Beginning at the line that contains "RdfTerm) → SpellsBoolean" and ending at the last line of the entries, write out each line exactly; include nothing outside that span.

_ _ _

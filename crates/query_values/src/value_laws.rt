//! Laws of what tokens stand for, for all tokens: it is what their rules say.
ghost use Rattle.std.specs.Prelude.{◌≡◌, ◌↔◌, ◌⊎◌, ℕ, IsTrue, All, List, [], ◌∷◌, ◌++◌, map};
ghost use Rattle.std.specs.Char.{to_ascii_lowercase};
ghost use Rattle.std.specs.List.{concat};
ghost use Rattle.std.specs.Str.{chars, all_scalars, encode_utf8_all, IsUtf8};
ghost use Rattle.bm_term.specs.Canonical.{IsLowerTag, IsTerm, RdfTerm};
ghost use Rattle.rdf_text.specs.Marks.{at_sign, colon};
ghost use Rattle.rdf_escapes.specs.Iris.{IsIriRef};
ghost use Rattle.rdf_escapes.specs.Strings.{is_quote, IsString};
ghost use Rattle.query_tokens.specs.PrefixedNames.{IsPrefixName, SpellsLocal};
ghost use Rattle.query_tokens.specs.Token.{Lexeme};
ghost use Rattle.query_tokens.specs.Tokens.{AreTokens};
ghost use Rattle.query_tokens.specs.Variables.{is_variable_mark};
ghost use Rattle.query_tokens.specs.declared.token.TokenKind.TheVariants as kinds;
ghost use Rattle.query_values.specs.Iris.{SpellsIri, SpellsPrefix, SpellsPrefixed};
ghost use Rattle.query_values.specs.Literals.{SpellsBoolean, SpellsLexical, SpellsNumber, SpellsTag};
ghost use Rattle.query_values.specs.Variables.{SpellsVariable};
ghost use Rattle.query_values.specs.reading.Values.{IsSpelled, IsSpelledOrBad, AreIriChars, iri_of, prefix_of, local_of, lexical_of, tag_of, name_of, plain_literal, tagged_literal, typed_literal, number_literal, boolean_literal, type_iri};

/// Each token of a source is a text of the rule of its kind, but the one that is bad.
pub fn tokens_are_spelled()
    ensures { (source : List ℕ) (tokens : List Lexeme) → IsUtf8 source → AreTokens source tokens →
        All IsSpelledOrBad tokens }
{}

/// An IRI in brackets stands for the IRI that it spells. All its characters may stand in an IRI.
pub fn iris_stand_for_what_they_spell()
    ensures spells { (token : Lexeme) (iri : List ℕ) → IsIriRef (chars token.text) iri → iri_of token ≡ iri }
    ensures rule { (token : Lexeme) → IsSpelled token → token.kind ≡ kinds.Iri → (iri : List ℕ) → SpellsIri token iri ↔ (iri_of token ≡ iri) }
    ensures characters { (token : Lexeme) → AreIriChars (iri_of token) }
{}

/// A string stands for the lexical form that it spells.
pub fn strings_stand_for_what_they_spell()
    ensures spells { (token : Lexeme) (mark : ℕ) (lexical : List ℕ) → IsTrue (is_quote mark) →
        IsString mark (chars token.text) lexical → lexical_of token ≡ lexical }
    ensures rule { (token : Lexeme) → IsSpelled token → token.kind ≡ kinds.Quoted → (lexical : List ℕ) → SpellsLexical token lexical ↔ (lexical_of token ≡ lexical) }
    ensures characters { (token : Lexeme) → IsTrue (all_scalars (lexical_of token)) }
{}

/// The prefix of a prefixed name, or of a prefix with its colon, is what stands before the colon.
pub fn prefixes_stand_before_the_colon()
    ensures spells { (token : Lexeme) (name local : List ℕ) → (name ≡ []) ⊎ IsPrefixName name →
        chars token.text ≡ name ++ colon ∷ local → prefix_of token ≡ name }
    ensures rule { (token : Lexeme) → IsSpelled token → token.kind ≡ kinds.Prefix → (prefix : List ℕ) → SpellsPrefix token prefix ↔ (prefix_of token ≡ prefix) }
{}

/// A prefixed name stands for the local name that it spells. All its characters may stand in an IRI.
pub fn local_names_stand_for_what_they_spell()
    ensures spells { (token : Lexeme) (name local : List ℕ) (values : List (List ℕ)) → (name ≡ []) ⊎ IsPrefixName name →
        SpellsLocal local values → chars token.text ≡ name ++ colon ∷ local → local_of token ≡ concat values }
    ensures rule { (token : Lexeme) → IsSpelled token → token.kind ≡ kinds.Prefixed → (prefix local : List ℕ) →
        SpellsPrefixed token prefix local ↔ ((prefix_of token ≡ prefix) × (local_of token ≡ local)) }
    ensures characters { (token : Lexeme) → IsSpelled token → token.kind ≡ kinds.Prefixed → AreIriChars (local_of token) }
{}

/// A language tag stands for itself in lower case, without its mark.
pub fn tags_stand_for_themselves_in_lower_case()
    ensures spells { (token : Lexeme) (tag : List ℕ) → chars token.text ≡ at_sign ∷ tag → tag_of token ≡ map to_ascii_lowercase tag }
    ensures rule { (token : Lexeme) → IsSpelled token → token.kind ≡ kinds.Tag → (tag : List ℕ) → SpellsTag token tag ↔ (tag_of token ≡ tag) }
    ensures lower { (token : Lexeme) → IsSpelled token → token.kind ≡ kinds.Tag → IsLowerTag (tag_of token) }
{}

/// A variable has the name that comes after its mark, whichever mark that is.
pub fn variables_are_named_after_their_mark()
    ensures spells { (token : Lexeme) (mark : ℕ) (name : List ℕ) → IsUtf8 token.text → IsTrue (is_variable_mark mark) →
        chars token.text ≡ mark ∷ name → name_of token ≡ encode_utf8_all name }
    ensures rule { (token : Lexeme) → IsSpelled token → token.kind ≡ kinds.Variable → (name : List ℕ) → SpellsVariable token name ↔ (name_of token ≡ name) }
{}

/// A number stands for its text with the datatype of its kind, and `true` and `false` for themselves in lower case.
pub fn numbers_and_truth_values_are_typed()
    ensures number { (token : Lexeme) (literal : RdfTerm) → SpellsNumber token literal → number_literal token ≡ literal }
    ensures boolean { (token : Lexeme) (literal : RdfTerm) → SpellsBoolean token literal → boolean_literal token ≡ literal }
{}

/// What the tokens of literals stand for are terms.
pub fn literals_are_terms()
    ensures plain { (string : Lexeme) → IsTerm (plain_literal string) }
    ensures tagged { (string tag : Lexeme) → IsSpelled tag → tag.kind ≡ kinds.Tag → IsTerm (tagged_literal string tag) }
    ensures typed { (string : Lexeme) (datatype : List ℕ) → AreIriChars datatype → IsTerm (typed_literal string datatype) }
    ensures number { (token : Lexeme) → IsSpelled token → IsTerm (number_literal token) }
    ensures boolean { (token : Lexeme) → IsSpelled token → IsTerm (boolean_literal token) }
    ensures word { IsTerm type_iri }
{}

_ _ _

● Written response
    ensures boolean { (token : Lexeme) (literal : RdfTerm) → SpellsBoolean token literal → boolean_literal token ≡ literal }
{}

/// What the tokens of literals stand for are terms.
pub fn literals_are_terms()
    ensures plain { (string : Lexeme) → IsTerm (plain_literal string) }
    ensures tagged { (string tag : Lexeme) → IsSpelled tag → tag.kind ≡ kinds.Tag → IsTerm (tagged_literal string tag) }
    ensures typed { (string : Lexeme) (datatype : List ℕ) → AreIriChars datatype → IsTerm (typed_literal string datatype) }
    ensures number { (token : Lexeme) → IsSpelled token → IsTerm (number_literal token) }
    ensures boolean { (token : Lexeme) → IsSpelled token → IsTerm (boolean_literal token) }
    ensures word { IsTerm type_iri }
{}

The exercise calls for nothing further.